Among the lines below, restate word for word only those from the line with "pw_interface_4() -> u32" through the line with "use masks::refusal::Refused;", with both end lines kept.
### DATA SHOWN
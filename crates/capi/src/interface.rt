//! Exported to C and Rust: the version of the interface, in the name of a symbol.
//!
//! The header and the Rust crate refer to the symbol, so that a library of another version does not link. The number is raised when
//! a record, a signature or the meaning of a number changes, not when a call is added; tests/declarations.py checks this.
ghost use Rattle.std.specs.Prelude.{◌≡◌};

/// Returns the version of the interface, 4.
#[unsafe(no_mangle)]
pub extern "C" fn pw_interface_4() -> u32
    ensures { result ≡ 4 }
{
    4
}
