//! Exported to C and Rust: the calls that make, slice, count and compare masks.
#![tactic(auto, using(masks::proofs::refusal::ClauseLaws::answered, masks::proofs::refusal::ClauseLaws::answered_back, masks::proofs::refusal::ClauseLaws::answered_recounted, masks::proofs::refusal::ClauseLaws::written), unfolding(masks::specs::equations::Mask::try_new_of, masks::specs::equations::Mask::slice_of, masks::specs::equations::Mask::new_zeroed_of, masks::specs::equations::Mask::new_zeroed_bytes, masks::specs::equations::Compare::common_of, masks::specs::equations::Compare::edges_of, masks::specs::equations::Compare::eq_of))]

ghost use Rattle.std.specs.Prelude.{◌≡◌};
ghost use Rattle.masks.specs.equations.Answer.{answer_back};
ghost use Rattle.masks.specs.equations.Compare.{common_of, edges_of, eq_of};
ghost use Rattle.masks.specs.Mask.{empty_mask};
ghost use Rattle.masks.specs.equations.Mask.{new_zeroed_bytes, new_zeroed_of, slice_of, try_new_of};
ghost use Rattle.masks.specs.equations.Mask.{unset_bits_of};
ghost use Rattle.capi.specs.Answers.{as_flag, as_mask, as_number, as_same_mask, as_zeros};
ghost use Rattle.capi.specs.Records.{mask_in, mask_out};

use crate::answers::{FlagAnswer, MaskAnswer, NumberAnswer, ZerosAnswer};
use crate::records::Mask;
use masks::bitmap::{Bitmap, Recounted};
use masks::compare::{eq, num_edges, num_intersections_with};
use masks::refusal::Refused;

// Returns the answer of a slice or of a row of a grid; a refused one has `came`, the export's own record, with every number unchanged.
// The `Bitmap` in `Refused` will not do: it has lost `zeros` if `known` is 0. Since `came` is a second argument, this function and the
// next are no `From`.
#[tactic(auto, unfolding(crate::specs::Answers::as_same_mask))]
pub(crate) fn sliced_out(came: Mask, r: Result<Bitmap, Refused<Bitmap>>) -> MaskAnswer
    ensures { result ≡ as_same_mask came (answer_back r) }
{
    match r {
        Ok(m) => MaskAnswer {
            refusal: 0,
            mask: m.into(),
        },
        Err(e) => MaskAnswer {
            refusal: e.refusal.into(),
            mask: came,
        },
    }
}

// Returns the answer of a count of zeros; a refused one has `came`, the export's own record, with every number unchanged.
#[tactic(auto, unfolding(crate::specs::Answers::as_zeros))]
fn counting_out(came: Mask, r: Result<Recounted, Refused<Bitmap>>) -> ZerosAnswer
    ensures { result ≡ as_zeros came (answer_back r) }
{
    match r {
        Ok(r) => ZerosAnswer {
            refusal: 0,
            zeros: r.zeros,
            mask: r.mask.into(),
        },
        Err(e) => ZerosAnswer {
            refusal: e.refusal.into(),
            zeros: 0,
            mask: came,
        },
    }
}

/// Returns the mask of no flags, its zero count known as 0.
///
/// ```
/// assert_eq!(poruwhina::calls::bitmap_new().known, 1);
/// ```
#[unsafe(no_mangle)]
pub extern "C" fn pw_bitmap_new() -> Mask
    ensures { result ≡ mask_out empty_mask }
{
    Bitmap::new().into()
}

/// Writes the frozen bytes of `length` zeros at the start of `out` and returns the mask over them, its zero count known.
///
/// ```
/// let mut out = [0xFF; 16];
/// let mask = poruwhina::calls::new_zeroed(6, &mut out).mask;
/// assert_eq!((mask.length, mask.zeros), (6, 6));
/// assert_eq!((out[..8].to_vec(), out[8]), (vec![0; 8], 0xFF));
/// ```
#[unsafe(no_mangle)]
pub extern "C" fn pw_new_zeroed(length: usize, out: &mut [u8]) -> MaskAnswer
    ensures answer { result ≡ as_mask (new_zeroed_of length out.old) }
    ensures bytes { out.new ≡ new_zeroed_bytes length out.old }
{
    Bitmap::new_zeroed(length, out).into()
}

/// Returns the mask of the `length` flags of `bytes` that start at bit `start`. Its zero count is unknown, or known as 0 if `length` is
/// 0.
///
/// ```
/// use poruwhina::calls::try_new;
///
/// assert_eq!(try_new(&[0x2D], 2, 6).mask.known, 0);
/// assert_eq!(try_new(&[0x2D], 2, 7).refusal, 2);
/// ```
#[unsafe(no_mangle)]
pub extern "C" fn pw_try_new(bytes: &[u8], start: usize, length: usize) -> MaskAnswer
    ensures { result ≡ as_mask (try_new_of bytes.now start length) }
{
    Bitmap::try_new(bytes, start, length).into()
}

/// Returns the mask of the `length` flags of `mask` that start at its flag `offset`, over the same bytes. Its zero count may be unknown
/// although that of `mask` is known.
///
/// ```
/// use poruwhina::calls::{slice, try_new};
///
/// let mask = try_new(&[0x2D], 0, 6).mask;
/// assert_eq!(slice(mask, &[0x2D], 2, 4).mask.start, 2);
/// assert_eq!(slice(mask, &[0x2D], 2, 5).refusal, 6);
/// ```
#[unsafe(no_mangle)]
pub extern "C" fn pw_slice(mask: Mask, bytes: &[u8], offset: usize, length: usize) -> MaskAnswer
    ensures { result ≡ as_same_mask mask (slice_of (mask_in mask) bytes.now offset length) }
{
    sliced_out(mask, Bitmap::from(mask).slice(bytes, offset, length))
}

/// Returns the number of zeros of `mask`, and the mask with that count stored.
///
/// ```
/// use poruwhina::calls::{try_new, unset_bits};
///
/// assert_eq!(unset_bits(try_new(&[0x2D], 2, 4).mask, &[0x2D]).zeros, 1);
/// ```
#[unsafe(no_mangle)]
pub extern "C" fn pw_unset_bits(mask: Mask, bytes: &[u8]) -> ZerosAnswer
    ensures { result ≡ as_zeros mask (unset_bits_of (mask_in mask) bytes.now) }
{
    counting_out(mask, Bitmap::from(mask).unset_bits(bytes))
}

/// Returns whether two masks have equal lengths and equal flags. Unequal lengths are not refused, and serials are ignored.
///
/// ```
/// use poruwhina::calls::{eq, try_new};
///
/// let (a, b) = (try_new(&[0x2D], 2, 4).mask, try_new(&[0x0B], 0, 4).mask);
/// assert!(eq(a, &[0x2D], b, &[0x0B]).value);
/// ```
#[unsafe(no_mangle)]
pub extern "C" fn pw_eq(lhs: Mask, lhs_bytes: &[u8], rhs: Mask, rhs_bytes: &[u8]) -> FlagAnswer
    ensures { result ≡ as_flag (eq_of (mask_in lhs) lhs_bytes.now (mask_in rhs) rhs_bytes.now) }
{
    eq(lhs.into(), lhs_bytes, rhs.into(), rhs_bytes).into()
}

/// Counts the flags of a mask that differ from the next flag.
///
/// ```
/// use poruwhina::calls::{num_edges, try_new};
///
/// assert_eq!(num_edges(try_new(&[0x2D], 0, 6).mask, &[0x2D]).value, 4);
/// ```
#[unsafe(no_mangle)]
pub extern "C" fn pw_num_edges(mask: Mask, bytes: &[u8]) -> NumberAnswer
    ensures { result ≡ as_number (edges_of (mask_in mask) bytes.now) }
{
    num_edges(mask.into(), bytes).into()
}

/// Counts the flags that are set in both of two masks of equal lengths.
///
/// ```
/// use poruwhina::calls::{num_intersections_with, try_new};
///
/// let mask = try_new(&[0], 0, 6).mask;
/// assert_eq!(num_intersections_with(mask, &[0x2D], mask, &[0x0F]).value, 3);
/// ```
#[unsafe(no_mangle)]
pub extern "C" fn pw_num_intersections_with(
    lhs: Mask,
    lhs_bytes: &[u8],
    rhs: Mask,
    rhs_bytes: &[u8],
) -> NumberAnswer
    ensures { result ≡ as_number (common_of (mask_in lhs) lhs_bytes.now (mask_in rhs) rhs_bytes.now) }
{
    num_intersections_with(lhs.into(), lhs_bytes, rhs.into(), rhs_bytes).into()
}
######
— ANSWER BOX —
pub extern "C" fn pw_interface_4() -> u32
    ensures { result ≡ 4 }
{
    4
}
//! Exported to C and Rust: the calls that make, slice, count and compare masks.
#![tactic(auto, using(masks::proofs::refusal::ClauseLaws::answered, masks::proofs::refusal::ClauseLaws::answered_back, masks::proofs::refusal::ClauseLaws::answered_recounted, masks::proofs::refusal::ClauseLaws::written), unfolding(masks::specs::equations::Mask::try_new_of, masks::specs::equations::Mask::slice_of, masks::specs::equations::Mask::new_zeroed_of, masks::specs::equations::Mask::new_zeroed_bytes, masks::specs::equations::Compare::common_of, masks::specs::equations::Compare::edges_of, masks::specs::equations::Compare::eq_of))]

ghost use Rattle.std.specs.Prelude.{◌≡◌};
ghost use Rattle.masks.specs.equations.Answer.{answer_back};
ghost use Rattle.masks.specs.equations.Compare.{common_of, edges_of, eq_of};
ghost use Rattle.masks.specs.Mask.{empty_mask};
ghost use Rattle.masks.specs.equations.Mask.{new_zeroed_bytes, new_zeroed_of, slice_of, try_new_of};
ghost use Rattle.masks.specs.equations.Mask.{unset_bits_of};
ghost use Rattle.capi.specs.Answers.{as_flag, as_mask, as_number, as_same_mask, as_zeros};
ghost use Rattle.capi.specs.Records.{mask_in, mask_out};

use crate::answers::{FlagAnswer, MaskAnswer, NumberAnswer, ZerosAnswer};
use crate::records::Mask;
use masks::bitmap::{Bitmap, Recounted};
use masks::compare::{eq, num_edges, num_intersections_with};
use masks::refusal::Refused;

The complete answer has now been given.